2. We listened — truly listened — to our employees. We hosted global listening sessions, in which thousands of employees shared their experiences related to race, bias, inclusion and more. Their stories yielded a wealth of insights that are guiding us on our journey to becoming more inclusive. This feedback, with other key inputs, has shaped our areas of focus for 2021 and beyond.

3. We amplified EED&I development and engagement. We expanded our existing Executive Diversity Mentoring Program and we launched a formal Sponsorship program to create more opportunities for greater participation of our talented pipeline to learn and grow from successful leaders.

4. Our company demonstrated its long-term commitment to racial equality and social justice, which included a $5 million donation to the NAACP Legal Defense and Education Fund and the Equal Justice Initiative and a commitment of $50 million over five years to partner with nonprofits that share our goals. And we signed the CEO Action for Diversity & Inclusion™ pledge and Paradigm for Parity® as well as the Business Coalition for Equality Act.


Delivering an Impact

I’m pleased to say the changes we’ve made over the past year are making a positive difference for our employees. One employee said, “This is truly the best I have felt in terms of inclusivity and commitment to change since becoming a part of corporate America.” Others have told me: “I am empowered not to be silent” and “I promise to do my part.” These statements from colleagues across the company mean everything to me. They demonstrate that we’re moving the needle; we’re helping people feel seen, safe and inspired.

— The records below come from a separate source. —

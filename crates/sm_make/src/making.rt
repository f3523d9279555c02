//! An instance of each shape.

ghost use Rattle.std.specs.Prelude.{◌≡◌, ◌≤◌, [], IfOk};
ghost use Rattle.sm_make.specs.Made.{made, made_instance, most_size};

use crate::building::{room, two};
use crate::shape::Shape;
use crate::sides::{copy_side, cycle_side, drawn_persons, drawn_side};
use rand_pcg::Pcg32;
use sm_instance::{Input, Kind, Side};
use std::alloc::{AllocError, Global};

/// The stream of the generator from which the words come.
const STREAM: u64 = 54;

/// The places of a made hospital.
const PLACES: u32 = 7;

/// The instance of a shape, a size and a seed: always the same one for the same three.
///
/// The size has to be from 1 to 2,048 for [`Shape::Copies`] and from 1 to 512 for the others. Names are `p1`, `p2` and so on
/// and `r1`, `r2` and so on, without weights and conditions. The words for shuffled lists come from the generator of 32
/// bits with a state of 64 (O'Neill 2014), which starts at the seed. Takes time and memory in proportion to the entries on
/// the lists.
///
/// # Errors
///
/// `AllocError` where memory ran out, and only then.
pub fn make(alloc: Global, shape: Shape, size: u32, seed: u64) -> Result<Input, AllocError>
    requires some { 1 ≤ size }
    requires few { size ≤ most_size shape }
    ensures { IfOk result (λ input. input ≡ made_instance shape size seed) }
{
    match shape {
        Shape::Copies => copies(alloc, size),
        Shape::Cycle => cycle(alloc, size),
        Shape::Random => random(alloc, size, seed),
        Shape::Hospitals => hospitals(alloc, size, seed),
        Shape::Rooms => rooms(alloc, size, seed),
    }
}

/// So many copies of two proposers and two reviewers.
fn copies(alloc: Global, size: u32) -> Result<Input, AllocError>
    requires { size ≤ 2048 }
    ensures { IfOk result (λ input. input ≡ made Shape.Copies size []) }
{
    let proposers = copy_side(alloc, Side::Proposers, 2 * size)?;
    let reviewers = copy_side(alloc, Side::Reviewers, 2 * size)?;
    let input = two(alloc, Kind::Marriage, proposers, reviewers)?;
    Ok(input)
}

/// A cycle of so many on each side.
fn cycle(alloc: Global, size: u32) -> Result<Input, AllocError>
    requires { size ≤ 512 }
    ensures { IfOk result (λ input. input ≡ made Shape.Cycle size []) }
{
    let proposers = cycle_side(alloc, Side::Proposers, size)?;
    let reviewers = cycle_side(alloc, Side::Reviewers, size)?;
    let input = two(alloc, Kind::Marriage, proposers, reviewers)?;
    Ok(input)
}

/// A marriage of so many on each side.
fn random(alloc: Global, size: u32, seed: u64) -> Result<Input, AllocError>
    requires { size ≤ 512 }
    ensures { IfOk result (λ input. input ≡ made_instance Shape.Random size seed) }
{
    let mut generator = Pcg32::new(seed, STREAM);
    let proposers = drawn_side(alloc, &mut generator, Side::Proposers, 1, size, size)?;
    let reviewers = drawn_side(alloc, &mut generator, Side::Reviewers, 1, size, size)?;
    let input = two(alloc, Kind::Marriage, proposers, reviewers)?;
    Ok(input)
}

/// So many residents, and a hospital for every eight of them.
fn hospitals(alloc: Global, size: u32, seed: u64) -> Result<Input, AllocError>
    requires { size ≤ 512 }
    ensures { IfOk result (λ input. input ≡ made_instance Shape.Hospitals size seed) }
{
    let count = (size / 8).max(1);
    let mut generator = Pcg32::new(seed, STREAM);
    let residents = drawn_side(alloc, &mut generator, Side::Proposers, 1, size, count)?;
    let hospitals = drawn_side(alloc, &mut generator, Side::Reviewers, PLACES, count, size)?;
    let input = two(alloc, Kind::Hospitals, residents, hospitals)?;
    Ok(input)
}

/// So many persons.
fn rooms(alloc: Global, size: u32, seed: u64) -> Result<Input, AllocError>
    requires { size ≤ 512 }
    ensures { IfOk result (λ input. input ≡ made_instance Shape.Rooms size seed) }
{
    let mut generator = Pcg32::new(seed, STREAM);
    let persons = drawn_persons(alloc, &mut generator, size)?;
    let input = room(alloc, persons)?;
    Ok(input)
}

We accomplished a lot in 2020, and our recent Fair360, formerly DiversityInc Top 50 recognition further reinforces that. We took a stand. We listened and went to work. But, we still have a ways to go.

My advice to others is to begin every conversation with a desire to really listen to, learn about and understand the other person’s experiences. Respecting differences and checking potential biases builds bridges of understanding — and with those bridges comes the ability to collaborate to achieve your ultimate goal: in our case, making a remarkable impact for patients.

What’s one thing you’re doing to create even more belonging in your workplace?

Please accept my heartfelt thanks to all of you who are leaning in and making a difference for yourselves and each other at work. Trust me, it matters.